そんな美味なる料理やお酒の記録を食の歴史として記しておこう

大至にて限定ラーメンの「曲者つけ麺」をいただいた後、キッチン南海にてカツカレーを飲んで喉を潤したら、おやつの時間になったので、こちらへ足を運んでみた。

 

「かんたやぶそば」の前にある1933年(昭和8年)創業の喫茶店「珈琲ショパン」。
元は、すぐ近くにてオープンしてたのだが、再開発によって1986年に現在の場所へと移転している。
アルコール類を置いていない純喫茶で、当初からの内装も流用した店内は、昭和をさかのぼり大正をも感じさせるもの。
店内には、店名にもなっているショパンの曲がほどよいGBMとして流されており、ゆったりとした時間の流れる空間となっている。
そんなこちらの店には、名物が2つある。
一つは、深くローストされたブレンドコーヒーで、メニューには「通常の珈琲より濃いめです」と書かれている。
その濃いさというかローストの深さは、スターバックスのそれ以上。
エスプレッソと言っても過言ではないぐらいの濃厚さなのだが、これがクセになる。
そして、もう1つが「アンプレス」。
バターをたっぷり塗った食パンにあんこを挟んで、直火のホットサンドメーカーで焼いたもので、先日、マツコの知らない世界にて、あんバターの世界の回でも紹介されていた。
トーストの端までバターがしっかりと塗りこまれており、マツコさんも「コレ!」と絶賛していた。
ちなみに、同時にたくさんつくれないからなのか、メニューには「アンプレス、ホットサンドのご注文は、一グループについき御一個でお願い致します。」と書かれており、グループで入店したご婦人方が残念がっていた。

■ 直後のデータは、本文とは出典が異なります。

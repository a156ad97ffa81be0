//! Rows of dots on the heap.
ghost use Rattle.std.specs.Prelude.{◌≡◌, ℕ, ◌+◌, ◌-◌, ◌*◌, ◌/◌, ◌%◌, ◌^◌, ◌<◌, ◌≤◌, ◌≢◌, false, List, [], replicate, length, slice_set, slice_index_or, Some, None, IfOk, nat_lt, ◌&&◌, if◌then◌else◌};
ghost use Rattle.std.specs.Borrow.{Lends, sem, Array, u8 as byte};
ghost use Rattle.vp_dots.specs.Dots.{dot, span};
ghost use Rattle.vp_dots.specs.contracts.band.Band.{the_row};

use crate::room::filled;
use std::alloc::{AllocError, Allocator, Global};
use std::marker::Model;

/// H rows of B bytes, each byte eight dots.
#[derive(Drop)]
pub struct Band<const B: usize, const H: usize, A: Allocator = Global> {
    rows: Vec<[u8; B], A>,
}

impl<const B: usize, const H: usize, A: Allocator> Model for Band<B, H, A> {
    ghost use Rattle.std.specs.Prelude.{ℕ, List, ◌≡◌, ◌*◌, ◌≤◌, ◌^◌, length, vec_capacity};

    ghost Value = { List (List ℕ) };

    ghost view = { λ s. s.rows.items };

    ghost invariant = { λ s. record {
      count : length s.rows.items ≡ H;
      small : B * H ≤ 2 ^ 28;
      room : vec_capacity s.rows ≡ H;
    } };
}

impl<const B: usize, const H: usize, A: Allocator> Band<B, H, A> {
    /// A white band, of at most 2^28 bytes: the only call that takes memory.
    pub fn new(alloc: A) -> Result<Self, AllocError>
        requires { B * H ≤ 2 ^ 28 }
        ensures { IfOk result (λ band. band ≡ replicate H (replicate B 0)) }
    {
        let rows = if H == 0 {
            Vec::new(alloc)
        } else {
            filled(alloc, H, [0; B])?
        };
        Ok(Band { rows })
    }

    /// Makes all dots white.
    pub fn clear(&mut self)
        ensures { self.new ≡ replicate H (replicate B 0) }
    {
        let white = [0; B];
        for row in self.rows.iter_mut() {
            *row = white;
        }
    }

    /// Makes the dots of the rows from <= y < to white: of all rows, where no other row has a black dot.
    pub fn clear_rows(&mut self, from: usize, to: usize)
        requires { to ≤ H }
        ensures rows { length self.new ≡ length self.old }
        ensures white { (y : ℕ) → slice_index_or self.new y []
            ≡ (if span from to y then replicate B 0 else slice_index_or self.old y []) }
        ensures all { ((y : ℕ) → y < H → span from to y ≡ false →
            slice_index_or self.old y [] ≡ replicate B 0)
            → self.new ≡ replicate H (replicate B 0) }
    {
        for y in from..to {
            self.rows[y] = [0; B];
        }
    }

    /// The dot at column x of row y, if there is one.
    pub fn get(&self, x: usize, y: usize) -> Option<bool>
        ensures { result ≡ (if nat_lt x (8 * B) && nat_lt y H
            then Some (dot (slice_index_or self.now y []) x) else None) }
    {
        if x / 8 < B && y < H {
            Some(self.rows[y][x / 8] >> (7 - x % 8) & 1 == 1)
        } else {
            None
        }
    }

    /// The bytes of a row.
    pub fn row(&self, y: usize) -> &[u8]
        requires { y < H }
        ensures value { result.now ≡ slice_index_or self.now y [] }
        ensures len { length result.now ≡ B }
        ensures rows { length self.now ≡ H }
    {
        &self.rows[y]
    }

    /// The rows from <= y < to.
    pub fn rows(&self, from: usize, to: usize) -> &[[u8; B]]
        requires some { from ≤ to }
        requires inside { to ≤ H }
        ensures len { length result.now ≡ to - from }
        ensures rows { (i : ℕ) → i < to - from →
            slice_index_or result.now i [] ≡ slice_index_or self.now (from + i) [] }
    {
        &self.rows[from..to]
    }

    /// The bytes of a row, to be written.
    pub fn row_mut(&mut self, y: usize) -> &mut [u8]
        requires { y < H }
        ensures* writes_back { sem 𝓛
            (Lends (the_row B.row H.row A.row A.Allocator) (Array byte 0) self.entry result
            (slice_set self.old y)) }
        ensures value { result.now ≡ slice_index_or self.old y [] }
        ensures len { length result.now ≡ B }
        ensures rows { length self.old ≡ H }
    {
        let _row = self.row(y);
        self.rows[y].as_mut_slice()
    }

    /// The bytes of memory that it holds, on the heap.
    pub fn memory(&self) -> usize
        ensures { result ≡ H * B }
    {
        self.rows.capacity() * B
    }
}
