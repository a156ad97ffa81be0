//! Allocators whose handles are small.
ghost use Rattle.std.proofs.Common.{rules};
ghost use Rattle.vp_dots.specs.Handles.{IsSmall};

use std::alloc::{Allocator, Global};

/// An allocator whose handle is small: so a list over it fits in memory, whatever else stands beside it.
pub trait Small: Allocator {
    ghost small: { IsSmall Self.row };
}

impl Small for Global {
    ghost small = { Prim.search rules };
}

impl<A: Allocator> Small for &A {
    ghost small = { Prim.search rules };
}
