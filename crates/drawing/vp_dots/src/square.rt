//! Squares of 64 by 64 dots, a word for each row: their rows exchanged with their columns.
ghost use Rattle.std.specs.Prelude.{◌≡◌, ℕ, ◌+◌, ◌-◌, ◌<◌, not, nat_le, ◌&&◌, slice_index, if◌then◌else◌};
ghost use Rattle.vp_dots.specs.Words.{word_dot};
ghost use Rattle.vp_dots.specs.Squares.{row_from, column_from};

/// The rows of a square, and its columns.
pub const SIDE: usize = 64;

/// The left parts of two rows, `wide` dots wide: those of the lower row on the right of the upper one's.
#[inline(always)]
fn left_parts(upper: u64, lower: u64, wide: u32, left: u64) -> u64
    requires wide { wide < 64 }
    requires parts { (x : ℕ) → x < 64 →
        (nat_le wide x && word_dot left (x - wide)) ≡ not (word_dot left x) }
    ensures { (x : ℕ) → x < 64 → word_dot result x ≡
        (if word_dot left x then word_dot upper x else word_dot lower (x - wide)) }
{
    (upper & left) | ((lower & left) >> wide)
}

/// The right parts of two rows: those of the upper row on the left of the lower one's.
#[inline(always)]
fn right_parts(upper: u64, lower: u64, wide: u32, left: u64) -> u64
    requires wide { wide < 64 }
    requires parts { (x : ℕ) → x < 64 →
        (nat_le wide x && word_dot left (x - wide)) ≡ not (word_dot left x) }
    ensures { (x : ℕ) → x < 64 → word_dot result x ≡
        (if word_dot left x then word_dot upper (x + wide) else word_dot lower x) }
{
    ((upper & !left) << wide) | (lower & !left)
}

/// One of the six steps of a turn: each row of the upper half meets one of the lower half, and they become
/// two, of their left parts and of their right ones.
#[inline(always)]
fn step(rows: &[u64; SIDE], wide: u32, left: u64) -> [u64; SIDE]
    requires wide { wide < 64 }
    requires parts { (x : ℕ) → x < 64 →
        (nat_le wide x && word_dot left (x - wide)) ≡ not (word_dot left x) }
    ensures { (x y : ℕ) → x < 64 → y < 64 → word_dot (slice_index result y) x ≡
        word_dot (slice_index rows.now (row_from (word_dot left x) y))
        (column_from (word_dot left x) wide x y) }
{
    let mut new = [0; SIDE];
    for i in 0..SIDE / 2 {
        new[2 * i] = left_parts(rows[i], rows[i + SIDE / 2], wide, left);
        new[2 * i + 1] = right_parts(rows[i], rows[i + SIDE / 2], wide, left);
    }
    new
}

/// A square, its rows exchanged with its columns.
pub fn turned_square(rows: &[u64; SIDE]) -> [u64; SIDE]
    ensures { (x y : ℕ) → x < 64 → y < 64 →
        word_dot (slice_index result y) x ≡ word_dot (slice_index rows.now x) y }
{
    let halves = step(rows, 32, 0xffff_ffff_0000_0000);
    let quarters = step(&halves, 16, 0xffff_0000_ffff_0000);
    let bytes = step(&quarters, 8, 0xff00_ff00_ff00_ff00);
    let fours = step(&bytes, 4, 0xf0f0_f0f0_f0f0_f0f0);
    let pairs = step(&fours, 2, 0xcccc_cccc_cccc_cccc);
    step(&pairs, 1, 0xaaaa_aaaa_aaaa_aaaa)
}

今回は、この2つを注文し、読みかけの小説を取り出す。
ほどなくして、コーヒーが出てくる。
苦みが強く、少量ずつ香りと余韻を楽しむようにいただく。
本を読みながら、コーヒーを楽しんでいるとさらに5分ぐらいして、アンプレスが登場した。
しっかりした焼き色で、とても香ばしいトーストの香りとバターの魅惑的な香りがただよっている。
一切れつまみあげ、歯をあてる。
カリリとした表面を過ぎ去ったら、トーストの中からバターがじゅわりと染み出す。
その後、あんこに到達する。
あんこも熱々で、ハフハフしながらほおばる。
甘すぎないあんこと、バターの微かな塩味、そこにトーストの風味が、絶妙なバランスで口の中を満たしていく。
その余韻が残るなか、少し冷えた、あの苦みのあるコーヒーを流し込む。
苦みが甘味を流し去り、そこには深い余韻が残る。
いっきに食べきるのではなく、本を読んだり会話しながら、ゆっくりといただくと、アンプレスの温度変化による味わいの違いも楽しめる。
それでも、わずか4切れなので、ほどなく食べきってしまう。
その後は、冷えたコーヒーをちびちびと啜りながら、本のつづきを読む。
切りが良いところまで読み進めたら、カップの底に残ったコーヒーを飲み切って会計をして外にでる。
ブレンド550円に、アンプレス550円。
わずか1100円で、満たされた上質な時間を過ごすことができた。